# Insults/put downs



## The Great One (Apr 19, 2010)

pinkrasputin said:


> Nate, aren't you already used to constant fighting?
> 
> Does PTSD keep us out of the army? :shocked:
> 
> ...


Most say I'd be good at acting? I really don't know how I'd be at it. Also, how the hell are you; an aerobics instructor, own your own business, and teach at a University all at the same time? When the fuck do you sleep woman?


----------



## Gaminegirlie (Jul 31, 2010)

Don't question my Integrity...thats all i ask.

So what happens when the unfortunate soul does?

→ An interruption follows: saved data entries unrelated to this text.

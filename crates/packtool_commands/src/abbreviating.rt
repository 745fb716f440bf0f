//! The abbreviations of the ids of a store.

ghost use Rattle.std.specs.Prelude.{◌≡◌, ◌≢◌, ◌↔◌, ◌⊎◌, ◌<◌, ◌≤◌, ℕ, [], false, true, flat_map, length, IfErr, IfOk, IsErrOf, IsTrue};
ghost use Rattle.id_lookup.specs.Words.{hex_len_of};
ghost use Rattle.object_store.specs.Several.{AreAbbreviated, IsAbbreviated, id_count};
ghost use Rattle.object_store.specs.Stores.{HaveMore, IsFaultOfOne, IsListed, IsReopened, IsStoreFault};
ghost use Rattle.packtool_commands.specs.Stores.{AreListed, HasAbbreviatedAtMost, HasAbbreviatedBelow, HasAbbreviatedEach, HasBegunAbbreviatedEach, IsFaultOf, IsWalkFault, abbreviation_text, abbreviated_line, no_abbreviation};
ghost use Rattle.packtool_commands.specs.declared.error.StoreError.{StoreError};
ghost use Rattle.streams.specs.Streams.{Wrote, lines_of};

use crate::error::StoreError;
use crate::line_buffer::{LINES_LEN, next_line_at, put_abbreviated_line};
use crate::prefixes::PrefixLines;
use crate::printing::{AnswerForm, NoAnswer, write_answers, write_two};
use crate::reopening::{look_up_again, look_up_lines};
use gix_hash::{Kind, Prefix};
use object_store::{AbbreviatedId, Abbreviating, Abbreviation, Reopen, abbreviate_part};
use std::alloc::Allocator;
use streams::{Sink, WriteFailed, write_all};

// The number of first bytes.
const BYTES: usize = 256;

/// Writes a line for each id of a store, in order: its abbreviation in the whole store, of at least
/// `least` digits, from 4 up to all of the kind; a space; the id; and a line feed. Returns whether
/// there is one.
///
/// The ids with a first byte are written before those with the next are read, and no abbreviation
/// depends on ids with another. If a pack index is gone, the store is opened again for the bytes
/// that are left; so the ids with one first byte are those of the store as it was at one time.
/// After an error, a beginning of the right lines was written. [`StoreError::Output`] is returned
/// if and only if a write fails. All loose objects must be listed, and the sink must not have
/// failed before.
///
/// ```
/// if !abbreviate_all(rt.alloc(), &mut store, 7, &mut out)? {
///     println!(rt; "the store is empty")?;
/// }
/// ```
pub fn abbreviate_all<S: Reopen, A: Allocator + Copy, W: Sink>(
    alloc: A,
    store: &mut S,
    least: usize,
    out: &mut W,
) -> Result<bool, StoreError>
    requires has { S.had store.old store.old (S.view store.old) }
    requires listed { (byte : ℕ) → IsListed (S.view store.old) byte }
    requires enough { 4 ≤ least }
    requires fits { least ≤ hex_len_of (S.view store.old).kind }
    requires output { W.has_failed out.old ≡ false }
    ensures reopened { IsReopened S.had S.view store.old store.new }
    ensures abbreviated { IfOk result (λ any. HasAbbreviatedBelow 256 least
        (S.had store.old store.new) any (W.taken out.old) (W.taken out.new)) }
    ensures refused { IfErr result (IsFaultOf (IsWalkFault
        (S.had store.old store.new) (S.view store.new))) }
    ensures few { IfErr result (λ e. e ≢ StoreError.TooMany) }
    ensures output { IsErrOf result StoreError.Output ↔ (W.has_failed out.new ≡ true) }
    ensures part { IfErr result (λ _. HasAbbreviatedAtMost least
        (S.had store.old store.new) (W.taken out.old) (W.taken out.new)) }
{
    let mut any = false;
    for byte in 0..BYTES {
        let abbreviated = abbreviated_of(alloc, store, byte as u8, least)?;
        write_abbreviated(&abbreviated, out)?;
        any = is_any(any, &abbreviated);
    }
    Ok(any)
}

// The ids of a store with a first byte, with their abbreviations.
fn abbreviated_of<S: Reopen, A: Allocator + Copy>(
    alloc: A,
    store: &mut S,
    byte: u8,
    least: usize,
) -> Result<Vec<AbbreviatedId, A>, object_store::Error>
    requires listed { IsListed (S.view store.old) byte }
    requires enough { 4 ≤ least }
    requires fits { least ≤ hex_len_of (S.view store.old).kind }
    ensures reopened { IsReopened S.had S.view store.old store.new }
    ensures abbreviated { IfOk result (λ abbreviated. AreAbbreviated least (S.view store.new) byte
        abbreviated.items) }
    ensures err { IfErr result (IsStoreFault (S.view store.new) byte) }
{
    look_up_again(
        store,
        |store: &mut S|
            requires listed { IsListed (S.view store.old) byte }
            requires enough { 4 ≤ least }
            requires fits { least ≤ hex_len_of (S.view store.old).kind }
        { abbreviate_part(alloc, store, byte, least) },
    )
}

// Whether there is one of these ids or of those before.
fn is_any(before: bool, abbreviated: &[AbbreviatedId]) -> bool
    ensures { IsTrue result ↔ (IsTrue before ⊎ (abbreviated.now ≢ [])) }
{
    before || !abbreviated.is_empty()
}

/// Writes a line for each id, in their order, as [`abbreviate_all`] does: its abbreviation, a
/// space, the id, and a line feed.
///
/// It stops at the first write that fails, after a proper beginning of the lines. The sink must not
/// have failed before.
///
/// ```
/// let abbreviated = object_store::abbreviate_part(rt.alloc(), &mut store, 0x4b, 7)?;
/// if write_abbreviated(&abbreviated, &mut out).is_err() {
///     println!(rt; "the lines are not written whole")?;
/// }
/// ```
#[inline(never)]
pub fn write_abbreviated<W: Sink>(
    abbreviated: &[AbbreviatedId],
    out: &mut W,
) -> Result<(), WriteFailed>
    requires { W.has_failed out.old ≡ false }
    ensures { Wrote W.taken W.has_failed out.old out.new result
        (flat_map abbreviated_line abbreviated.now) }
{
    let mut lines = [0; LINES_LEN];
    let mut end = 0;
    for id in abbreviated {
        let at = next_line_at(&lines, end, out)?;
        end = put_abbreviated_line(&mut lines, at, id);
    }
    write_all(out, &lines[..end])
}

/// Writes for each of some lines, in order, the abbreviation of the only id of a store that begins
/// with it, of at least `least` digits, from 4 up to all of the kind; and a line feed. Returns why
/// the first line that is not a prefix of exactly one id is not, or `None` if each line is one.
/// `git rev-parse --short` prints the same abbreviation.
///
/// The lines are of the store's kind. For a line that is not a prefix, the line and ` bad` are
/// written, for a prefix of no id the line and ` missing`, and for a prefix of several ids the line
/// and ` ambiguous`.
///
/// The ids of a pack index with a first byte are read once. If they were found in order before,
/// only some of them are read, for each line. Nothing is written before all ids are found; if a
/// pack index is gone by then, the store is opened again. If there are several prefixes, and ids
/// begin with more than `most` of them, then nothing is written, and [`StoreError::TooMany`] is
/// returned. [`StoreError::Output`] is returned if and only if a write fails, after a proper
/// beginning of the text. The sink must not have failed before.
///
/// ```
/// let lines = PrefixLines::read(rt.alloc(), Kind::Sha1, b"4b8\n4b9\n")?;
/// let why = abbreviate_each(rt.alloc(), &mut store, &lines, 7, 65_536, &mut out)?;
/// println!(rt; "each of the two is one id: {}", why.is_none())?;
/// ```
pub fn abbreviate_each<S: Reopen, A: Allocator + Copy, W: Sink>(
    alloc: A,
    store: &mut S,
    lines: &PrefixLines<'_, A>,
    least: usize,
    most: usize,
    out: &mut W,
) -> Result<Option<NoAnswer>, StoreError>
    requires kind { lines.now.kind ≡ (S.view store.old).kind }
    requires listed { AreListed (S.view store.old) lines.now.prefixes.items }
    requires enough { 4 ≤ least }
    requires fits { least ≤ hex_len_of (S.view store.old).kind }
    requires output { W.has_failed out.old ≡ false }
    ensures reopened { IsReopened S.had S.view store.old store.new }
    ensures abbreviated { IfOk result (λ why. HasAbbreviatedEach least (S.view store.new)
        (lines_of lines.now.text.now) why (W.taken out.old) (W.taken out.new)) }
    ensures refused { IfErr result (IsFaultOf (IsFaultOfOne (S.view store.new)
        lines.now.prefixes.items)) }
    ensures several { IsErrOf result StoreError.TooMany → 1 < length lines.now.prefixes.items }
    ensures more { IsErrOf result StoreError.TooMany → HaveMore
        (IsAbbreviated least (S.view store.new)) id_count most lines.now.prefixes.items }
    ensures untouched { IfErr result (λ e. e ≢ StoreError.Output → out.new ≡ out.old) }
    ensures output { IsErrOf result StoreError.Output ↔ (W.has_failed out.new ≡ true) }
    ensures part { IsErrOf result StoreError.Output → HasBegunAbbreviatedEach least
        (S.view store.new) (lines_of lines.now.text.now) (W.taken out.old) (W.taken out.new) }
{
    let abbreviated = look_up_lines(alloc, store, lines, most, &Abbreviating { least })?;
    Ok(write_answers(lines, &abbreviated, &AbbreviationForm, out)?)
}

// How the abbreviation of the only id that begins with a prefix is printed.
struct AbbreviationForm;

impl AnswerForm<Abbreviation> for AbbreviationForm {
    ghost text = { λ _ line found. abbreviation_text line found };

    ghost no_answer = { λ _ found. no_abbreviation found };

    fn write<W: Sink>(
        &self,
        line: &[u8],
        found: Option<&Abbreviation>,
        out: &mut W,
    ) -> Result<(), WriteFailed> {
        match found {
            None => write_two(line, b" bad\n", out),
            Some(Abbreviation::Missing) => write_two(line, b" missing\n", out),
            Some(Abbreviation::Ambiguous) => write_two(line, b" ambiguous\n", out),
            Some(Abbreviation::Unique(abbreviated)) => {
                let prefix = &abbreviated.abbreviation;
                // The contract of this call says how many digits the prefix has at most.
                let _hex_len = prefix.hex_len();
                let mut digits = Kind::hex_buf();
                write_two(prefix.hex_to_buf(&mut digits).as_bytes(), b"\n", out)
            }
        }
    }

    fn no_answer(&self, found: Option<&Abbreviation>) -> Option<NoAnswer> {
        match found {
            None => Some(NoAnswer::Bad),
            Some(Abbreviation::Missing) => Some(NoAnswer::Missing),
            Some(Abbreviation::Ambiguous) => Some(NoAnswer::Ambiguous),
            Some(Abbreviation::Unique(_)) => None,
        }
    }
}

I tell them straight up. 'Say your goodbyes, 'cause until you learn not to question me
you won't be hearing from me'


----------



## pinkrasputin (Apr 13, 2009)

NatetheGreat said:


> Most say I'd be good at acting? I really don't know how I'd be at it. Also, how the hell are you; an aerobics instructor, own your own business, and teach at a University all at the same time? When the fuck do you sleep woman?

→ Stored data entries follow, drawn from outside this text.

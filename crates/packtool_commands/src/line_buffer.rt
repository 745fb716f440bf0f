//! The lines of a pack index and of abbreviations, put together in a buffer, many of them at once.
//!
//! Each call returns where its line ends. An `ArrayVec` knows its length, but took 116 instructions
//! more for a line of a pack index, and 48 for one of an abbreviation.

ghost use Rattle.std.specs.Prelude.{◌≡◌, ◌+◌, ◌<◌, ◌≤◌, ◌++◌, IfOk, OnErr, OnOk, decimal, false, true, length, take};
ghost use Rattle.id_lookup.specs.Words.{hex_letter, oid_digits, spelling};
ghost use Rattle.pack_index.specs.Format.{ids_in};
ghost use Rattle.packtool_commands.specs.Files.{KeepsBack, crc_text, hex_of, index_line, line_of_object};
ghost use Rattle.packtool_commands.specs.Stores.{abbreviated_line};
ghost use Rattle.streams.specs.Streams.{AppendsBeginning};

use gix_hash::{Alphabet, Kind, oid};
use hex::encode_to_slice;
use id_lookup::begins_with;
use itoa::Buffer;
use object_store::AbbreviatedId;
use pack_index::File;
use streams::{Sink, WriteFailed, write_all};

/// The length of a buffer for lines that are written together.
pub(crate) const LINES_LEN: usize = 16384;

// The length of the longest line of an abbreviation and its id: 64 digits of each, a space and a
// line feed. That of an offset of 20 digits, an id and a CRC of 8 is shorter.
const MAX_LINE_LEN: usize = 130;

// The most digits of an id.
const MAX_ID_LEN: usize = 64;

// The digits of a CRC.
const CRC_LEN: usize = 8;

/// The position of the next line in a buffer whose lines end at a position: right there or, if the
/// buffer is nearly full, at its start, after its lines were written.
pub(crate) fn next_line_at<W: Sink>(
    lines: &[u8],
    end: usize,
    out: &mut W,
) -> Result<usize, WriteFailed>
    requires lines { length lines.now ≡ LINES_LEN }
    requires end { end ≤ LINES_LEN }
    requires output { W.has_failed out.old ≡ false }
    ensures room { IfOk result (λ at. at + MAX_LINE_LEN ≤ LINES_LEN) }
    ensures kept { IfOk result (λ at.
        KeepsBack (W.taken out.old) (W.taken out.new) (take at lines.now) (take end lines.now)) }
    ensures not_failed { OnOk result (W.has_failed out.new ≡ false) }
    ensures part { OnErr result (AppendsBeginning (W.taken out.old) (W.taken out.new)
        (take end lines.now)) }
    ensures failed { OnErr result (W.has_failed out.new ≡ true) }
{
    if end + MAX_LINE_LEN <= LINES_LEN {
        return Ok(end);
    }
    write_all(out, &lines[..end])?;
    Ok(0)
}

/// Writes the line of the object at an index into the buffer at a position, and returns where it
/// ends.
pub(crate) fn put_index_line(line: &mut [u8], at: usize, file: &File<'_>, index: usize) -> usize
    requires location { index < length (ids_in file.now.kind file.now.bytes) }
    requires room { at + MAX_LINE_LEN ≤ length line.old }
    ensures most { result ≤ at + MAX_LINE_LEN }
    ensures text { take result line.new
        ≡ take at line.old ++ index_line file.now.kind file.now.bytes index }
{
    let offset = file.pack_offset_at_index(index);
    let id = file.oid_at_index(index);
    let crc = file.crc32_at_index(index);
    put_offset_id_crc(line, at, offset, id, crc)
}

// Writes a line of these parts into the buffer at a position, and returns where it ends.
fn put_offset_id_crc(line: &mut [u8], at: usize, offset: u64, id: oid<'_>, crc: u32) -> usize
    requires { at + MAX_LINE_LEN ≤ length line.old }
    ensures most { result ≤ at + MAX_LINE_LEN }
    ensures text { take result line.new ≡ take at line.old
        ++ line_of_object (decimal offset) (spelling hex_letter (oid_digits id.entry))
        (crc_text crc) }
{
    let mut number = Buffer::new();
    let offset = number.format(offset).as_bytes();
    let offset_end = put(line, at, offset);
    let id_at = put(line, offset_end, b" ");
    let id_end = put_id(line, id_at, id);
    let crc_at = put(line, id_end, b" (");
    let crc_end = put_crc(line, crc_at, crc);
    put(line, crc_end, b")\n")
}

/// Writes the line of an id and its abbreviation into the buffer at a position, and returns where
/// it ends.
pub(crate) fn put_abbreviated_line(line: &mut [u8], at: usize, abbreviated: &AbbreviatedId) -> usize
    requires { at + MAX_LINE_LEN ≤ length line.old }
    ensures most { result ≤ at + MAX_LINE_LEN }
    ensures text { take result line.new ≡ take at line.old ++ abbreviated_line abbreviated.now }
{
    let mut letters = Kind::hex_buf();
    let end = put_id(&mut letters, 0, abbreviated.id.as_oid());
    let id = &letters[..end];
    let name_end = put_abbreviation(line, at, abbreviated, id);
    let id_at = put(line, name_end, b" ");
    let id_end = put(line, id_at, id);
    put(line, id_end, b"\n")
}

// Writes the abbreviation of an id into the buffer at a position, and returns where it ends. It is
// copied from the letters of the id, if these begin with it.
fn put_abbreviation(line: &mut [u8], at: usize, abbreviated: &AbbreviatedId, id: &[u8]) -> usize
    requires room { at + MAX_ID_LEN ≤ length line.old }
    requires id { id.now ≡ hex_of abbreviated.now.id }
    ensures most { result ≤ at + MAX_ID_LEN }
    ensures text { take result line.new
        ≡ take at line.old ++ spelling hex_letter abbreviated.now.abbreviation.digits }
{
    let len = abbreviated.abbreviation.hex_len();
    if len <= abbreviated.id.kind().len_in_hex()
        && begins_with(&abbreviated.id, &abbreviated.abbreviation)
    {
        return put(line, at, &id[..len]);
    }
    abbreviated.abbreviation.put_hex(&mut line[at..]);
    at + len
}

/// Copies bytes into the buffer at a position, and returns where they end.
pub(crate) fn put(line: &mut [u8], at: usize, bytes: &[u8]) -> usize
    requires { at + length bytes.now ≤ length line.old }
    ensures end { result ≡ at + length bytes.now }
    ensures text { take result line.new ≡ take at line.old ++ bytes.now }
{
    let end = at + bytes.len();
    line[at..end].copy_from_slice(bytes);
    end
}

/// Writes an id's digits in hex into the buffer at a position, and returns where they end.
pub(crate) fn put_id(line: &mut [u8], at: usize, id: oid<'_>) -> usize
    requires { at + MAX_ID_LEN ≤ length line.old }
    ensures end { result ≡ at + length (oid_digits id.entry) }
    ensures most { result ≤ at + MAX_ID_LEN }
    ensures text { take result line.new
        ≡ take at line.old ++ spelling hex_letter (oid_digits id.entry) }
{
    Alphabet::Hex.put_id(id, &mut line[at..]);
    at + id.kind().len_in_hex()
}

// Writes a CRC's eight hex digits into the buffer at a position, and returns where they end.
#[tactic(auto, unfolding(crate::specs::Files::crc_text))]
fn put_crc(line: &mut [u8], at: usize, crc: u32) -> usize
    requires { at + CRC_LEN ≤ length line.old }
    ensures end { result ≡ at + CRC_LEN }
    ensures text { take result line.new ≡ take at line.old ++ crc_text crc }
{
    let end = at + CRC_LEN;
    encode_to_slice(crc.to_be_bytes(), &mut line[at..end]).unwrap();
    end
}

I find the idea of "sleep" to be relative. It depends on what you mean by that. 

I'm also about to perform too. But I will take a bitty break from aerobics while I do that. I made my life so that if I have to take time off to perform I can do that.

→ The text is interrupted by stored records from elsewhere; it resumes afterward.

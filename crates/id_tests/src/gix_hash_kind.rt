//! Kinds: their names, numbers, lengths and well-known ids.

use crate::expecting::{expect, expect_below, expect_same, expect_text, tried};
use crate::well_known::{BLOB, BLOB_256, TREE, TREE_256};
use gix_hash::{Kind, ObjectId};
use std::process::Abort;

const NULL: &str = "0000000000000000000000000000000000000000";

const NULL_256: &str = "0000000000000000000000000000000000000000000000000000000000000000";

// The id has this text, and is the null id, the empty blob or the empty tree, as is said.
fn expect_one(
    rt: &(impl Abort + AllocGlobal),
    id: ObjectId,
    want: &str,
    (null, blob, tree): (bool, bool, bool),
) {
    expect_text(rt, id, want);
    expect!(rt; id.is_null() == null, want);
    expect!(rt; id.is_empty_blob() == blob, want);
    expect!(rt; id.is_empty_tree() == tree, want);
}

const IS_NULL: (bool, bool, bool) = (true, false, false);

const IS_BLOB: (bool, bool, bool) = (false, true, false);

const IS_TREE: (bool, bool, bool) = (false, false, true);

fn expect_of_kind(rt: &(impl Abort + AllocGlobal), kind: Kind, [null, blob, tree]: [&str; 3]) {
    expect_one(rt, kind.null(), null, IS_NULL);
    expect_one(rt, kind.null_ref().to_owned(), null, IS_NULL);
    expect_one(rt, kind.empty_blob(), blob, IS_BLOB);
    expect_one(rt, kind.empty_tree(), tree, IS_TREE);
}

fn expect_of_id(rt: &(impl Abort + AllocGlobal), kind: Kind, [null, blob, tree]: [&str; 3]) {
    expect_one(rt, ObjectId::null(kind), null, IS_NULL);
    expect_one(rt, ObjectId::empty_blob(kind), blob, IS_BLOB);
    expect_one(rt, ObjectId::empty_tree(kind), tree, IS_TREE);
}

const TEXTS: [&str; 3] = [NULL, BLOB, TREE];

const TEXTS_256: [&str; 3] = [NULL_256, BLOB_256, TREE_256];

// Names, and their kinds, or none where the error returns the name.
const NAMES: [(&str, Option<Kind>); 12] = [
    ("sha1", Some(Kind::Sha1)),
    ("SHA1", Some(Kind::Sha1)),
    ("SHA-1", Some(Kind::Sha1)),
    ("sha256", Some(Kind::Sha256)),
    ("SHA256", Some(Kind::Sha256)),
    ("SHA-256", Some(Kind::Sha256)),
    ("sha-1", None),
    ("Sha1", None),
    ("md5", None),
    ("", None),
    ("sha1 ", None),
    ("SHA-2560", None),
];

#[test]
fn names(rt: HostRuntime) {
    for &(name, kind) in &NAMES {
        expect!(&rt; Kind::from_str(name) == kind.ok_or(name), name);
    }
    expect_text(&rt, Kind::Sha1, "sha1");
    expect_text(&rt, Kind::Sha256, "sha256");
}

const NUMBERS: [(u8, Result<Kind, u8>); 4] = [
    (0, Err(0)),
    (1, Ok(Kind::Sha1)),
    (2, Ok(Kind::Sha256)),
    (3, Err(3)),
];

#[test]
fn numbers(rt: HostRuntime) {
    for &(number, kind) in &NUMBERS {
        expect!(&rt; tried(number) == kind, number);
    }
}

#[test]
fn lengths(rt: HostRuntime) {
    for &(hex_len, kind) in &[
        (0, Some(Kind::Sha1)),
        (40, Some(Kind::Sha1)),
        (41, Some(Kind::Sha256)),
        (64, Some(Kind::Sha256)),
        (65, None),
    ] {
        expect!(&rt; Kind::from_hex_len(hex_len) == kind, hex_len);
    }
}

#[test]
fn order(rt: HostRuntime) {
    expect_below(&rt, &Kind::Sha1, &Kind::Sha256);
    expect_same(&rt, &Kind::Sha256, &Kind::Sha256);
}

#[test]
fn well_known_ids(rt: HostRuntime) {
    expect_of_kind(&rt, Kind::Sha1, TEXTS);
    expect_of_kind(&rt, Kind::Sha256, TEXTS_256);
    expect_of_id(&rt, Kind::Sha1, TEXTS);
    expect_of_id(&rt, Kind::Sha256, TEXTS_256);
}
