//! What is written through a hashing writer.

use crate::expecting::{expect, expect_kind, expect_outcome, expect_text};
use crate::gix_hash_stream::{ABC, EMPTY, THREE_CHUNKS};
use crate::well_known::BLOB;
use gix_hash::{Kind, io};
use std::io::Write;
use std::process::Abort;
use test_devices::{FAILED, Fault, KINDS, Writer};

fn written<W: Write>(out: &mut W, bytes: &[u8]) -> std::io::Result<usize> {
    out.write(bytes)
}

fn flushed<W: Write>(out: &mut W) -> std::io::Result<()> {
    out.flush()
}

// A hashing writer whose inner writer takes at most `chunk` bytes a call.
fn over(rt: &impl AllocGlobal, chunk: usize, fault: Fault) -> io::Write<Writer> {
    io::Write::new(Writer::new(rt.alloc(), chunk, fault), Kind::Sha1)
}

// The write returns how many bytes were taken, or the error.
fn expect_write(
    rt: &(impl Abort + AllocGlobal),
    out: &mut io::Write<Writer>,
    bytes: &[u8],
    want: &str,
) {
    expect_outcome(rt, out.write(bytes), want);
}

// The inner writer takes one byte, then fails, and then takes all.
#[test]
fn hashed_as_far_as_it_was_taken(rt: HostRuntime) {
    let mut out = over(&rt, 1, Fault::AtCall(2));
    expect_write(&rt, &mut out, b"blob 0\0", "1");
    expect_write(&rt, &mut out, b"lob 0\0", FAILED);
    out.inner.chunk = 9;
    expect_write(&rt, &mut out, b"lob 0\0", "6");
    expect!(&rt; out.inner.calls == 3);
    expect!(&rt; out.inner.bytes.as_slice() == b"blob 0\0".as_slice());
    expect_outcome(&rt, out.hash.try_finalize(), BLOB);
}

// One write called the inner writer once, which took these bytes.
fn expect_taken(
    rt: &(impl Abort + AllocGlobal),
    out: io::Write<Writer>,
    outcome: std::io::Result<usize>,
    taken: &[u8],
    digest: &str,
) {
    expect!(rt; (outcome.ok(), out.inner.calls) == (Some(taken.len()), 1), digest);
    expect!(rt; out.inner.bytes.as_slice() == taken, digest);
    expect_outcome(rt, out.hash.try_finalize(), digest);
}

// By the method and by the library's trait.
fn expect_one_write(rt: &(impl Abort + AllocGlobal), bytes: &[u8], chunk: usize, digest: &str) {
    let taken = &bytes[..chunk.min(bytes.len())];
    let mut out = over(rt, chunk, Fault::Never);
    let outcome = out.write(bytes);
    expect_taken(rt, out, outcome, taken, digest);
    let mut out = over(rt, chunk, Fault::Never);
    let outcome = written(&mut out, bytes);
    expect_taken(rt, out, outcome, taken, digest);
}

// However long it is.
#[test]
fn inner_writer_called_once(rt: HostRuntime) {
    for &(text, chunk, digest) in &[
        ("abc", 0, EMPTY),
        ("abc", 2, "da23614e02469a0d7c7bd1bdab5c9c474b1904dc"),
        ("abc", 3, ABC),
        ("abc", 9, ABC),
        ("", usize::MAX, EMPTY),
    ] {
        expect_one_write(&rt, text.as_bytes(), chunk, digest);
    }
    expect_one_write(&rt, &[0; 131071], usize::MAX, THREE_CHUNKS);
}

// The inner writer returns an error of each kind, which is passed on as it is. Each write and each
// flush calls it once, by the method and by the library's trait.
fn expect_passed_on(rt: &(impl Abort + AllocGlobal), kind: std::io::ErrorKind) {
    let mut out = over(rt, 9, Fault::Always(kind));
    expect_kind(rt, out.write(b"abc"), kind);
    expect_kind(rt, written(&mut out, b"abc"), kind);
    expect_kind(rt, out.flush(), kind);
    expect_kind(rt, flushed(&mut out), kind);
    expect!(rt; (out.inner.calls, out.inner.flushes) == (2, 2), kind);
    expect_outcome(rt, out.hash.try_finalize(), EMPTY);
}

#[test]
fn errors_are_the_inner_writers(rt: HostRuntime) {
    for &kind in &KINDS {
        expect_passed_on(&rt, kind);
    }
}

// The flush failed with the device's error.
fn expect_failed(rt: &(impl Abort + AllocGlobal), outcome: std::io::Result<()>) {
    let error = outcome.err().expect(rt, "a failed flush returns Ok");
    expect_text(rt, error, FAILED);
}

#[test]
fn flushes_leave_the_hasher(rt: HostRuntime) {
    let mut out = over(&rt, 9, Fault::Never);
    expect!(&rt; out.write_all(b"abc").is_ok());
    expect!(&rt; out.flush().is_ok());
    expect!(&rt; flushed(&mut out).is_ok());
    out.inner.fault = Fault::AtFlush;
    expect_failed(&rt, out.flush());
    expect_failed(&rt, flushed(&mut out));
    expect!(&rt; (out.inner.flushes, out.inner.calls) == (4, 1));
    expect_outcome(&rt, out.hash.try_finalize(), ABC);
}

I dunno. Would you like me to help design your life? I keep offering but you're so damn stubborn. :laughing:


----------



## The Great One (Apr 19, 2010)

pinkrasputin said:


> I find the idea of "sleep" to be relative. It depends on what you mean by that.
> 
> I'm also about to perform too. But I will take a bitty break from aerobics while I do that. I made my life so that if I have to take time off to perform I can do that.
> 
> I dunno. Would you like me to help design your life? I keep offering but you're so damn stubborn. :laughing:


lol why the hell do other ENFP's always want to help you design your life and complete your life goals. I was just having a conversation with an ENFP room mate of mine just last night on this same subject.


----------



## pinkrasputin (Apr 13, 2009)

NatetheGreat said:


> lol why the hell do other ENFP's always want to help you design your life and complete your life goals. I was just having a conversation with an ENFP room mate of mine just last night on this same subject.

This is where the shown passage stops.